Before the cookbooks of Marcella Hazan, Italian-American restaurant cuisine consisted of 5 or 10 dishes, repeated over and over and over again ad infinitum ad nauseam. One of these was sausages, green bell peppers, onions, and potatoes. I prefer starvation over this dish, especially because I don't like green bell peppers at all. (Red ones are a different story.)
In the meantime, around the age of 20, I discovered the most magnificent vegetable in the whole world. One day, I was reading a biography on Enrico Caruo, written by his widow. I read that the Maestro's favorite vegetable was "raw fennel, which he ate like a fruit." I mentioned this fact to an old cousin. She responded, "Oh! Fennel is wonderful! It has a licorice flavor. It cleans the palate." Never having tried this vegetable, I decided to buy one. From that moment on, I was an addict.
Many years later, I was in the mood for sausages cooked in the oven. I had eaten only raw fennel (à la Caruso), but I wondered, "What would happen if I were to put in a roasting pan sausages, potatoes, onions, garlic, and ... fennel?"
The result was so splendid that it immediately became one of the most popular dishes in our home.
1 lb Italian sausages, cut in 1.5-2" pieces (I cut them with scissors)
1 large yellow onion, cut in 8
1 large bulb of fennel (the stalks and core removed), cut in 8
1 lb small red potatoes, cut in 4 (or 2 if they are very small)
2-3 cloves garlic, whole
crushed red pepper
freshly ground pepper
garden herbs (whichever you have)
a copious amount of extra-virgin olive oil (enough to cover all of it)

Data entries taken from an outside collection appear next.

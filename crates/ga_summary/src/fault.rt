ghost use Rattle.std.specs.Prelude.{◌≡◌, Some};
ghost use Rattle.ga_summary.specs.Faults.{counter_name, fault_line};
ghost use Rattle.ga_summary.specs.declared.fault.MergeFault.TheVariants.{NoMemory as MergeNoMemory};

use ga_base::{Counter, NoMemory};
use std::alloc::{AllocError, AllocFailed};
use std::error::Error;
use std::fmt;

/// Why summaries aren't merged. The summary is as it was.
#[derive(Clone, Copy, Debug, PartialEq, Eq)]
pub enum MergeFault {
    /// The counter would pass `LIMIT`: it would have this value.
    CounterFull { which: Counter, total: u128 },
    /// Out of memory.
    NoMemory,
}

/// What a counter counts.
fn counter_name(which: Counter) -> &'static str
    ensures { result.now ≡ counter_name which }
{
    match which {
        Counter::Lines => "lines",
        Counter::Bytes => "bytes",
        Counter::Micros => "microseconds",
        Counter::Generations => "generations",
    }
}

impl fmt::Display for MergeFault {
    ghost output = { λ fault. Some (fault_line fault) };

    fn fmt<W: fmt::Write>(&self, f: &mut fmt::Formatter<W>) -> fmt::Result {
        match self {
            MergeFault::CounterFull { which, total } => {
                write!(f, "{} would be {}", counter_name(*which), total)
            }
            MergeFault::NoMemory => write!(f, "no memory"),
        }
    }
}

impl Error for MergeFault {}

impl From<NoMemory> for MergeFault {
    ghost from_gives = { λ _ e. e ≡ MergeNoMemory };

    fn from(_: NoMemory) -> MergeFault {
        MergeFault::NoMemory
    }
}

impl From<AllocError> for MergeFault {
    ghost from_gives = { λ _ e. e ≡ MergeNoMemory };

    fn from(_: AllocError) -> MergeFault {
        MergeFault::NoMemory
    }
}

impl<T: Drop> From<AllocFailed<T>> for MergeFault {
    ghost from_gives = { λ _ e. e ≡ MergeNoMemory };

    fn from(_: AllocFailed<T>) -> MergeFault {
        MergeFault::NoMemory
    }
}
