// Finding a record of a block, and an item of a record: where it lies, and its bytes as that very part of the block (document 01, "Refusal numbers and
// their order").
#![tactic(auto)]

mod find;

pub use find::{RecordFound, Span, find_item, find_record, locate_item, locate_record, part_of};
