// Finding a record and an item: the block is checked first (document 01, "Refusal numbers and their order").
ghost use Rattle.std.specs.Prelude.{◌≡◌, ◌+◌, ◌≤◌, ◌<◌, length};
ghost use Rattle.rules.specs.Catalogue.{categories};
ghost use Rattle.rules.specs.Entry.{find_record, find_item};
ghost use Rattle.sets.specs.Sets.{category_at};
ghost use Rattle.records.specs.Answers.{Walked};
ghost use Rattle.blocks.specs.Read.{Records};
ghost use Rattle.finding.specs.Part.{VeryPart};
ghost use Rattle.finding.specs.Found.{first_at, seek_at, record_span, Located, item_place_of, item_span, span_in};

use blocks::{HEAD, LEAST, open_block};
use quick_items::Steps;
use records::RecordMap;
use rules::{Fault, Refusal};

// The octets of a block or a log from start on, so many: that very part.
pub fn part_of(block: &[u8], start: usize, count: usize) -> &[u8]
    requires { start + count ≤ length block.now }
    ensures { VeryPart block.entry result (start, count) }
{
    &block[start..start + count]
}

// No bytes, at the block's start.
fn none_of(block: &[u8]) -> &[u8]
    ensures { VeryPart block.entry result (0, 0) }
{
    &block[0..0]
}

// Where a record lies in its block, and the places of its items.
#[derive(Drop)]
pub struct RecordFound {
    pub start: usize,
    pub length: usize,
    pub map: RecordMap,
}

// The first record of a part, which starts at a place of its block.
fn first_record(
    steps: &Steps,
    profile: usize,
    part: &[u8],
    from: usize,
) -> Result<RecordMap, Refusal>
    requires { from + length part.now < 65536 }
    ensures { Walked result (first_at profile from part.now) }
{
    if part.is_empty() {
        return Err(Fault::RecordNotThere.at(0));
    }
    records::check_record(steps, profile, part, from)
}

// The record with a number, counted from 0, among those that fill a part, which starts at a place of its block.
fn seek_record(
    steps: &Steps,
    profile: usize,
    part: &[u8],
    from: usize,
    n: usize,
) -> Result<RecordFound, Refusal>
    requires { (from + length part.now < 65536) × Records (category_at profile) part.now }
    ensures { Located result (seek_at (category_at profile) from part.now n) }
{
    let mut rest = part;
    let mut at = from;
    for _passed in 0..n {
        let end = first_record(steps, profile, rest, at)?.end;
        rest = &rest[end - at..];
        at = end;
    }
    let map = first_record(steps, profile, rest, at)?;
    Ok(RecordFound {
        start: at,
        length: map.end - at,
        map,
    })
}

// The record with a number, in a block that is accepted.
pub fn locate_record(block: &[u8], n: usize) -> Result<RecordFound, Refusal>
    ensures { Located result (find_record categories block.now n) }
{
    let opened = open_block(block, LEAST)?;
    let steps = Steps::new();
    seek_record(&steps, opened.profile, &block[HEAD..], HEAD, n)
}

// Its bytes, as that very part of the block; on refusal the empty part at the block's start.
pub fn find_record(block: &[u8], n: usize) -> &[u8]
    ensures { VeryPart block.entry result (span_in (record_span (find_record categories block.now n))) }
{
    match locate_record(block, n) {
        Ok(found) => part_of(block, found.start, found.length),
        Err(_) => none_of(block),
    }
}

// Where an item lies in its block.
#[derive(Clone, Copy)]
pub struct Span {
    pub start: usize,
    pub length: usize,
}

// The item with a reference, the number after its slash, in the record with a number.
pub fn locate_item(block: &[u8], reference: u16, n: usize) -> Result<Span, Refusal>
    ensures { item_place_of result ≡ item_span (find_item categories block.now reference n) }
{
    let opened = open_block(block, LEAST)?;
    let steps = Steps::new();
    let profile = opened.profile;
    let frn = items::frn_of(profile, reference).ok_or(Fault::ReferenceUnknown)?;
    let record = seek_record(&steps, profile, &block[HEAD..], HEAD, n)?;
    let start = record.map.starts[frn - 1] as usize;
    if start == 0 {
        return Err(Fault::ItemNotThere.at(record.start));
    }
    let length = items::check_item(profile, frn, &block[start..])?;
    Ok(Span { start, length })
}

// Its bytes, as that very part of the block; on refusal the empty part at the block's start.
pub fn find_item(block: &[u8], reference: u16, n: usize) -> &[u8]
    ensures { VeryPart block.entry result (span_in (item_span (find_item categories block.now reference n))) }
{
    match locate_item(block, reference, n) {
        Ok(span) => part_of(block, span.start, span.length),
        Err(_) => none_of(block),
    }
}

Unfortunately the small red potatoes I could not find today. Jeanette likes them for their texture; I like them because they don't take hours to soften. These great big potatoes that you see above were not ideal.
Place all the ingredients in a roasting pan. Cover it tightly with aluminum foil and bake it 425º for an hour (or more). Uncover it and bake it for another 15 minutes (or more), until the sausages reach the desired browning and the fennel and potatoes reach the desired softness.
After taking the above photo, I returned the pan to the over for still another 15 minutes.
|The perfect accompaniment to this dish is "Alpine Spring," the seasonal beer of Samuel Adams. This great brewer is located right here in Boston, and their beers are world-class.|
The leftovers of this exquisite dish are used for two other recipes, which are also scrumptious!
2. One day I made fried zucchini blossoms. There was quite a bit of flour and egg left over. I had no other vegetables or meats in the fridge to fry. But I remembered that I had leftovers of the sausages and fennel in the fridge. I prepared the fennel in the same way that I make zucchini blossoms — in batter, a couple of minutes per side, and voilà! An extraordinary taste.